▶ **EXERCISE REQUIREMENTS**
Once you have reviewed the listing below, restate it word for word.

▶ **EXCERPTED RECORDS**

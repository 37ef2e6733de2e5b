//! Headers and numbers worked out by hand from X.690 8.1.3 and 8.3, and how a caller gets its octets back.

ghost use Rattle.std.specs.Prelude.{◌≡◌, ◌<◌, ◌^◌, length, IfOk};
ghost use Rattle.dv_schema.specs.Tlv.{tlv, integer_octets};

use super::*;
use std::alloc::{AllocError, Global};
use std::test::Fail;

fn put_value(octets: &mut [u8], tag: u8, contents: &[u8])
    requires { length octets.old ≡ length (tlv tag contents.now) }
    ensures { octets.new ≡ tlv tag contents.now }
{
    let mut out = Writer::new(octets);
    out.tlv(tag, contents);
}

fn one_value(alloc: Global, tag: u8, contents: &[u8]) -> Result<Vec<u8>, AllocError>
    requires { length contents.now < 2 ^ 32 }
    ensures { IfOk result (λ v. v.items ≡ tlv tag contents.now) }
{
    let mut octets = vec![in alloc; 0; header_len(contents.len()) + contents.len()]?;
    put_value(&mut octets, tag, contents);
    Ok(octets)
}

fn put_number(octets: &mut [u8], tag: u8, value: u64)
    requires { length octets.old ≡ length (tlv tag (integer_octets value)) }
    ensures { octets.new ≡ tlv tag (integer_octets value) }
{
    let mut out = Writer::new(octets);
    out.number(tag, value);
}

fn one_number(alloc: Global, tag: u8, value: u64) -> Result<Vec<u8>, AllocError>
    ensures { IfOk result (λ v. v.items ≡ tlv tag (integer_octets value)) }
{
    let contents = number_len(value);
    let mut octets = vec![in alloc; 0; header_len(contents) + contents]?;
    put_number(&mut octets, tag, value);
    Ok(octets)
}

#[test]
fn headers(rt: HostRuntime) -> Result<(), Fail> {
    let headers: [(usize, &[u8]); 7] = [
        (0, &[0x04, 0x00]),
        (127, &[0x04, 0x7F]),
        (128, &[0x04, 0x81, 0x80]),
        (255, &[0x04, 0x81, 0xFF]),
        (256, &[0x04, 0x82, 0x01, 0x00]),
        (65_535, &[0x04, 0x82, 0xFF, 0xFF]),
        (65_536, &[0x04, 0x83, 0x01, 0x00, 0x00]),
    ];
    for (contents, header) in headers {
        let value = one_value(
            rt.alloc(),
            0x04,
            vec![in rt.alloc(); 7; contents]?.as_slice(),
        )?;
        assert_eq!(rt; header_len(contents), header.len(), "at {contents}");
        assert!(rt; value.as_slice().starts_with(header), "at {contents}");
        assert_eq!(rt; value.len(), header.len() + contents, "at {contents}");
    }
    Ok(())
}

#[test]
fn numbers(rt: HostRuntime) -> Result<(), Fail> {
    let numbers: [(u64, &[u8]); 8] = [
        (0, &[0x02, 0x01, 0x00]),
        (127, &[0x02, 0x01, 0x7F]),
        (128, &[0x02, 0x02, 0x00, 0x80]),
        (255, &[0x02, 0x02, 0x00, 0xFF]),
        (256, &[0x02, 0x02, 0x01, 0x00]),
        (1 << 32, &[0x02, 0x05, 0x01, 0x00, 0x00, 0x00, 0x00]),
        (
            u64::MAX >> 1,
            &[0x02, 0x08, 0x7F, 0xFF, 0xFF, 0xFF, 0xFF, 0xFF, 0xFF, 0xFF],
        ),
        (
            u64::MAX,
            &[
                0x02, 0x09, 0x00, 0xFF, 0xFF, 0xFF, 0xFF, 0xFF, 0xFF, 0xFF, 0xFF,
            ],
        ),
    ];
    for (value, octets) in numbers {
        assert_eq!(rt;
            one_number(rt.alloc(), 0x02, value)?.as_slice(),
            octets,
            "at {value}"
        );
    }
    Ok(())
}

#[test]
fn several_values(rt: HostRuntime) {
    let mut octets = [9; 8];
    let mut out = Writer::new(&mut octets);
    out.header(0x30, 5);
    out.number(0x0A, 1);
    out.bytes(&[0x05, 0x00]);
    assert_eq!(rt; out.written(), 7);
    assert_eq!(rt; out.room(), 1);
    assert_eq!(rt; octets, [0x30, 0x05, 0x0A, 0x01, 0x01, 0x05, 0x00, 9]);
}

▶ **ANSWER BOX**
repository 37ef2e6733de2e5b
//! Headers and numbers worked out by hand from X.690 8.1.3 and 8.3, and how a caller gets its octets back.

ghost use Rattle.std.specs.Prelude.{◌≡◌, ◌<◌, ◌^◌, length, IfOk};
ghost use Rattle.dv_schema.specs.Tlv.{tlv, integer_octets};

use super::*;
use std::alloc::{AllocError, Global};
use std::test::Fail;

fn put_value(octets: &mut [u8], tag: u8, contents: &[u8])
    requires { length octets.old ≡ length (tlv tag contents.now) }
    ensures { octets.new ≡ tlv tag contents.now }
{
    let mut out = Writer::new(octets);
    out.tlv(tag, contents);
}

fn one_value(alloc: Global, tag: u8, contents: &[u8]) -> Result<Vec<u8>, AllocError>
    requires { length contents.now < 2 ^ 32 }
    ensures { IfOk result (λ v. v.items ≡ tlv tag contents.now) }
{
    let mut octets = vec![in alloc; 0; header_len(contents.len()) + contents.len()]?;
    put_value(&mut octets, tag, contents);
    Ok(octets)
}

fn put_number(octets: &mut [u8], tag: u8, value: u64)
    requires { length octets.old ≡ length (tlv tag (integer_octets value)) }
    ensures { octets.new ≡ tlv tag (integer_octets value) }
{
    let mut out = Writer::new(octets);
    out.number(tag, value);
}

fn one_number(alloc: Global, tag: u8, value: u64) -> Result<Vec<u8>, AllocError>
    ensures { IfOk result (λ v. v.items ≡ tlv tag (integer_octets value)) }
{
    let contents = number_len(value);
    let mut octets = vec![in alloc; 0; header_len(contents) + contents]?;
    put_number(&mut octets, tag, value);
    Ok(octets)
}

#[test]
fn headers(rt: HostRuntime) -> Result<(), Fail> {
    let headers: [(usize, &[u8]); 7] = [
        (0, &[0x04, 0x00]),
        (127, &[0x04, 0x7F]),
        (128, &[0x04, 0x81, 0x80]),
        (255, &[0x04, 0x81, 0xFF]),
        (256, &[0x04, 0x82, 0x01, 0x00]),
        (65_535, &[0x04, 0x82, 0xFF, 0xFF]),
        (65_536, &[0x04, 0x83, 0x01, 0x00, 0x00]),
    ];
    for (contents, header) in headers {
        let value = one_value(
            rt.alloc(),
            0x04,
            vec![in rt.alloc(); 7; contents]?.as_slice(),
        )?;
        assert_eq!(rt; header_len(contents), header.len(), "at {contents}");
        assert!(rt; value.as_slice().starts_with(header), "at {contents}");
        assert_eq!(rt; value.len(), header.len() + contents, "at {contents}");
    }
    Ok(())
}

#[test]
fn numbers(rt: HostRuntime) -> Result<(), Fail> {
    let numbers: [(u64, &[u8]); 8] = [
        (0, &[0x02, 0x01, 0x00]),
        (127, &[0x02, 0x01, 0x7F]),
        (128, &[0x02, 0x02, 0x00, 0x80]),
        (255, &[0x02, 0x02, 0x00, 0xFF]),
        (256, &[0x02, 0x02, 0x01, 0x00]),
        (1 << 32, &[0x02, 0x05, 0x01, 0x00, 0x00, 0x00, 0x00]),
        (
            u64::MAX >> 1,
            &[0x02, 0x08, 0x7F, 0xFF, 0xFF, 0xFF, 0xFF, 0xFF, 0xFF, 0xFF],
        ),
        (
            u64::MAX,
            &[
                0x02, 0x09, 0x00, 0xFF, 0xFF, 0xFF, 0xFF, 0xFF, 0xFF, 0xFF, 0xFF,
            ],
        ),
    ];
    for (value, octets) in numbers {
        assert_eq!(rt;
            one_number(rt.alloc(), 0x02, value)?.as_slice(),
            octets,
            "at {value}"
        );
    }
    Ok(())
}

#[test]
fn several_values(rt: HostRuntime) {
    let mut octets = [9; 8];
    let mut out = Writer::new(&mut octets);
    out.header(0x30, 5);
    out.number(0x0A, 1);
    out.bytes(&[0x05, 0x00]);
    assert_eq!(rt; out.written(), 7);
    assert_eq!(rt; out.room(), 1);
    assert_eq!(rt; octets, [0x30, 0x05, 0x0A, 0x01, 0x01, 0x05, 0x00, 9]);
}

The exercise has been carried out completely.